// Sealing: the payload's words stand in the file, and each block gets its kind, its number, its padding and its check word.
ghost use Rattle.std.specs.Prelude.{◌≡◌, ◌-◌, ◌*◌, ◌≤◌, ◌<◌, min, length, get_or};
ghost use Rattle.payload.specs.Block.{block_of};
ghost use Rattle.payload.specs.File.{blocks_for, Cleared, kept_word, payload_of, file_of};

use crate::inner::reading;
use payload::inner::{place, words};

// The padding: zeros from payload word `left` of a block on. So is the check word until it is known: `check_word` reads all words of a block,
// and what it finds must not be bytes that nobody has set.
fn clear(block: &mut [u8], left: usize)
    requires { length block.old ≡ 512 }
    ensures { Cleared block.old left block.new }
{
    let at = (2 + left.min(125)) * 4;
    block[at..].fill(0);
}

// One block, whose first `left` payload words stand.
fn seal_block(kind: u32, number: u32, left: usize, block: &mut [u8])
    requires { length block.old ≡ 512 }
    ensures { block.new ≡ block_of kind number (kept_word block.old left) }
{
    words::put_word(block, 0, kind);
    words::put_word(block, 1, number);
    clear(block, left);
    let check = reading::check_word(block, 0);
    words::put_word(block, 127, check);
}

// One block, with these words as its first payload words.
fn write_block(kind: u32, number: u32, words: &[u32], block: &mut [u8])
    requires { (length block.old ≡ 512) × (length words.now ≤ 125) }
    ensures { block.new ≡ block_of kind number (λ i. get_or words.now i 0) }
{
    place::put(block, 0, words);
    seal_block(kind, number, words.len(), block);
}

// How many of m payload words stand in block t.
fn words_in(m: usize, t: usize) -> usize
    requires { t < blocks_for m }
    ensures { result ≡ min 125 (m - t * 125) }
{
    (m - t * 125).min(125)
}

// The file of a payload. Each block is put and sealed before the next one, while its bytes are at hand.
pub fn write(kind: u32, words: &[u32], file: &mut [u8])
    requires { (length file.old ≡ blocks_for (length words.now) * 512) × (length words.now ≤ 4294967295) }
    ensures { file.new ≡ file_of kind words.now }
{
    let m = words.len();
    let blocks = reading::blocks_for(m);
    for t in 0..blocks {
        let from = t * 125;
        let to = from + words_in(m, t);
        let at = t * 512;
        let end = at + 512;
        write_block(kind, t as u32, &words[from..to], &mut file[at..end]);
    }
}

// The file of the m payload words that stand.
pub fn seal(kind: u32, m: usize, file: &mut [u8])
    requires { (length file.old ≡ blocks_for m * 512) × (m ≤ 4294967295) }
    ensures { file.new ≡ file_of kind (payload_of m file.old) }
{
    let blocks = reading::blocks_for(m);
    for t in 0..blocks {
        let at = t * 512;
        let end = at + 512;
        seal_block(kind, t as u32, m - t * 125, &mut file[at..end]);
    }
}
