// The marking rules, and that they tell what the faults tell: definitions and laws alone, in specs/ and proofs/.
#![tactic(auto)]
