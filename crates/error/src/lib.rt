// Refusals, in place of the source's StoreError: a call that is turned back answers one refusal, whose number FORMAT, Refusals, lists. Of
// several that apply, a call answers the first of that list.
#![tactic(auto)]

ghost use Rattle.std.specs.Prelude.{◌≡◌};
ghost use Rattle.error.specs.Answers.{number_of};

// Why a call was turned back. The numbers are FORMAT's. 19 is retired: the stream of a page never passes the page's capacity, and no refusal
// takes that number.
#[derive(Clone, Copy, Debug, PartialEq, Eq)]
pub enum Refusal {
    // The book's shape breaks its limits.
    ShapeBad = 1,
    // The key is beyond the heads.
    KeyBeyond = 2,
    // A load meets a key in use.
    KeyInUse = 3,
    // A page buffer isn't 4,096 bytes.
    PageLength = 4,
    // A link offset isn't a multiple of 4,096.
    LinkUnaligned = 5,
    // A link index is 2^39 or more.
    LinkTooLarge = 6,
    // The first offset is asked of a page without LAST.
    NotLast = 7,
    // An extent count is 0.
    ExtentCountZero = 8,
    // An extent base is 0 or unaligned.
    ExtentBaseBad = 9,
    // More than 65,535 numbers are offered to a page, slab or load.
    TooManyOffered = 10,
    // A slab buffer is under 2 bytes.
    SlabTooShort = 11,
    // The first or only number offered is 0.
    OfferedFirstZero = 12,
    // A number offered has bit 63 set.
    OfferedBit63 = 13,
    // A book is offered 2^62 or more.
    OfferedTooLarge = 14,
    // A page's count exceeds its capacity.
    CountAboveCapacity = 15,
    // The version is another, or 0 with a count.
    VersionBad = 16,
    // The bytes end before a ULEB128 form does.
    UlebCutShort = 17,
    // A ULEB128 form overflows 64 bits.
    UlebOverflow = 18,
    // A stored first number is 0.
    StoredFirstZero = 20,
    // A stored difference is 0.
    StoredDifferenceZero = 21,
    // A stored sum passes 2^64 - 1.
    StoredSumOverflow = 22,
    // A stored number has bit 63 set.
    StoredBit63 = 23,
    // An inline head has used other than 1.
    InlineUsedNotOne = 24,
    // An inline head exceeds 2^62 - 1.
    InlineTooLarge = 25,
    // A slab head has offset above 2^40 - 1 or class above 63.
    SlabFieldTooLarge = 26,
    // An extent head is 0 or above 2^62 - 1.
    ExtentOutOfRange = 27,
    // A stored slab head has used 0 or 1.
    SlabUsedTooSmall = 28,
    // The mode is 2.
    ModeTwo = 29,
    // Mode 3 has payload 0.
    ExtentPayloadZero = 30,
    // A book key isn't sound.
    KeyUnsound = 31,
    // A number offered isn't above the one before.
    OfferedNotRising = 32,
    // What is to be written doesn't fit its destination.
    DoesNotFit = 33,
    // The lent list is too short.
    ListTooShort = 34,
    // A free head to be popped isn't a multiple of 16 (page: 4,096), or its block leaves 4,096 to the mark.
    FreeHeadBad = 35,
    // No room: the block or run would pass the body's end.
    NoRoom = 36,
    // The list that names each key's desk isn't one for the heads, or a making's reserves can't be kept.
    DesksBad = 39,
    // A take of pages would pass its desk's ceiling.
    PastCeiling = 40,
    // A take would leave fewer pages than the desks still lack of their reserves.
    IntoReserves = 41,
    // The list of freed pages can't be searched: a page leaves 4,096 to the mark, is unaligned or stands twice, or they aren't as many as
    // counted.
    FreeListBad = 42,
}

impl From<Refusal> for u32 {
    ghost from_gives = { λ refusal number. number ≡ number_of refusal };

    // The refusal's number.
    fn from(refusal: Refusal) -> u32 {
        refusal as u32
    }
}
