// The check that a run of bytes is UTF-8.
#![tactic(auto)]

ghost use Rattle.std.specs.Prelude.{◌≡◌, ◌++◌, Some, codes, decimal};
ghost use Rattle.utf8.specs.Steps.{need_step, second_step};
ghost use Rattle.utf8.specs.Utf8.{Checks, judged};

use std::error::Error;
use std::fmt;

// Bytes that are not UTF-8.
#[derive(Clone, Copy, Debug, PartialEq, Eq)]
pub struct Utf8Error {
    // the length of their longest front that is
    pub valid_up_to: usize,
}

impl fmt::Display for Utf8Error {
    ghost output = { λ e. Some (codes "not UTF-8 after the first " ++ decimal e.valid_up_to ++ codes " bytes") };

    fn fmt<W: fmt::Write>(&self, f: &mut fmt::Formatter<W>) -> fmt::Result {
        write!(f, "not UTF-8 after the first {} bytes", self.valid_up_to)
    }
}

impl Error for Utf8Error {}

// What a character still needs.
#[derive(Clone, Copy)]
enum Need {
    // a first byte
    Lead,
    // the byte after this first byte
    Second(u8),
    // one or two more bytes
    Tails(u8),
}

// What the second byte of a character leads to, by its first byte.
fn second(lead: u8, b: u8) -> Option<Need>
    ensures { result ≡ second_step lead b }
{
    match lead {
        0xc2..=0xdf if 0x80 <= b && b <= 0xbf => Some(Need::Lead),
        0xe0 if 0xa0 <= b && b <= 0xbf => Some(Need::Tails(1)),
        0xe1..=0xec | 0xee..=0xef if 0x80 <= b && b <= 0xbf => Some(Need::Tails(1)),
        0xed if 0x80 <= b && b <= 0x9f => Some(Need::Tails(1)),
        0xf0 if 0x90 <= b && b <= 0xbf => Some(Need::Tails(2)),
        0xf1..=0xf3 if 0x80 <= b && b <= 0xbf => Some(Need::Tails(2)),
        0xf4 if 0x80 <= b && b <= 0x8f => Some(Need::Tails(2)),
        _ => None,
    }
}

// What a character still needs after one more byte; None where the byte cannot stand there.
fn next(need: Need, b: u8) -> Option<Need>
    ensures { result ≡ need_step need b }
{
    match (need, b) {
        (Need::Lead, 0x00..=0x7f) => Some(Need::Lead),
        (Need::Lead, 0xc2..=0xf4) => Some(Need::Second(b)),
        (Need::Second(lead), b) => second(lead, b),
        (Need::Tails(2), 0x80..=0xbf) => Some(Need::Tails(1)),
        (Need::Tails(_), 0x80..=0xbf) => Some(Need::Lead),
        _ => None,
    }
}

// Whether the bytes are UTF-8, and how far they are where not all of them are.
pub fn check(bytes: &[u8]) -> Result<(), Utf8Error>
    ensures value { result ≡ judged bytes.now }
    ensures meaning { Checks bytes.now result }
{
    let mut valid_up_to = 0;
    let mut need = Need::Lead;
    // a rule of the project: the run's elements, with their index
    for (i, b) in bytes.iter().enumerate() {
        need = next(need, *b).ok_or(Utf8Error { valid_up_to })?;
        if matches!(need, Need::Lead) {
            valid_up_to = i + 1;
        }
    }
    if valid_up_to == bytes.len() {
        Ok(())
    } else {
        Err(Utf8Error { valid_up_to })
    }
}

==

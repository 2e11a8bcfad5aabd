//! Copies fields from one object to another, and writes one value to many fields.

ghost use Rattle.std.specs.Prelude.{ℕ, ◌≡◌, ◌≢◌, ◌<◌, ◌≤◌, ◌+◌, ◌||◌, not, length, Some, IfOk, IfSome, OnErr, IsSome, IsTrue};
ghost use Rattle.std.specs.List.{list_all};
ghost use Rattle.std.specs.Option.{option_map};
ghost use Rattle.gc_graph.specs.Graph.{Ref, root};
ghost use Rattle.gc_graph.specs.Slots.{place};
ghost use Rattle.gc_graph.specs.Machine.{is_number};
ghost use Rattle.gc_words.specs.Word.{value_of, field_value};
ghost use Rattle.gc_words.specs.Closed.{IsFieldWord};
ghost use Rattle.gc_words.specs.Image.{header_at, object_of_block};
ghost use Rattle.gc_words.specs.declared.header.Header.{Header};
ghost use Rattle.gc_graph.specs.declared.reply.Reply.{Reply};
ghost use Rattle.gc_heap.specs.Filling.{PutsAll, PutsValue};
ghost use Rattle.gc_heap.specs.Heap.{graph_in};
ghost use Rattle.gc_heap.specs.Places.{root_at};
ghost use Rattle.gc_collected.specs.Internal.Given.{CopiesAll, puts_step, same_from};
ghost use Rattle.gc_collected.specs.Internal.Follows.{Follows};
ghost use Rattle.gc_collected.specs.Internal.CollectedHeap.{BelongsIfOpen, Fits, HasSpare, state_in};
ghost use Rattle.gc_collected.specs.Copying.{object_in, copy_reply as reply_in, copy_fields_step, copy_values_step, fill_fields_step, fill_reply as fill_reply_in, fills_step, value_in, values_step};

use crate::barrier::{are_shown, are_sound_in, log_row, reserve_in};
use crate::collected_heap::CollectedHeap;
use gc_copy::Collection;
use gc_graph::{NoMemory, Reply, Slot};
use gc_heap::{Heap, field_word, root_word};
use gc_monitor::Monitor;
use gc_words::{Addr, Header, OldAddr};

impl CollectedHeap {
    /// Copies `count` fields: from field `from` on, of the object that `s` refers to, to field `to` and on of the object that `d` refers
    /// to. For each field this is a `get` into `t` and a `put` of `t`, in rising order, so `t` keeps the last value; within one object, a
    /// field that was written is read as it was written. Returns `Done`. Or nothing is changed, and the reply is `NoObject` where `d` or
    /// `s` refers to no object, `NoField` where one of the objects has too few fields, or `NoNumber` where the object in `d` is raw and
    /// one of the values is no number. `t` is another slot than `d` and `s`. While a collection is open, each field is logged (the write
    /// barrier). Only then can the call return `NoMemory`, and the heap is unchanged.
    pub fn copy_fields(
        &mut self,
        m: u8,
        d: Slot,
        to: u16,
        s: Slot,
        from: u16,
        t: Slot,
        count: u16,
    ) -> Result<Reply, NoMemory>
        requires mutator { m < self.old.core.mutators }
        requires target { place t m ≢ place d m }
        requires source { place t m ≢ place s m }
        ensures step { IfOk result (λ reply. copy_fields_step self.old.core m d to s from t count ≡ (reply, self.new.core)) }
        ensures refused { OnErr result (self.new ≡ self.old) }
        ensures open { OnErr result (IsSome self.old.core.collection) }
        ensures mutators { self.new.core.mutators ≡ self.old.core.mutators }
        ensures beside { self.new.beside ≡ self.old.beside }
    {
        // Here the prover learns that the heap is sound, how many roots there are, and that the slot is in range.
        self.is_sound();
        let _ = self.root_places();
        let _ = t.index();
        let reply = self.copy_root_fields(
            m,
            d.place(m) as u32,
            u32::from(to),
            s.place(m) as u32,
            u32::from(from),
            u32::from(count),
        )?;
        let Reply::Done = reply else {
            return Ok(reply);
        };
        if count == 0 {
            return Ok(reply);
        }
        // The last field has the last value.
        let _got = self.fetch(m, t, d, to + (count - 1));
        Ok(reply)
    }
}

Problem —
Copy out every line from the data above that has "reading" in it.

Exercise response —
use crate::inner::reading;
    let check = reading::check_word(block, 0);
    let blocks = reading::blocks_for(m);
    let blocks = reading::blocks_for(m);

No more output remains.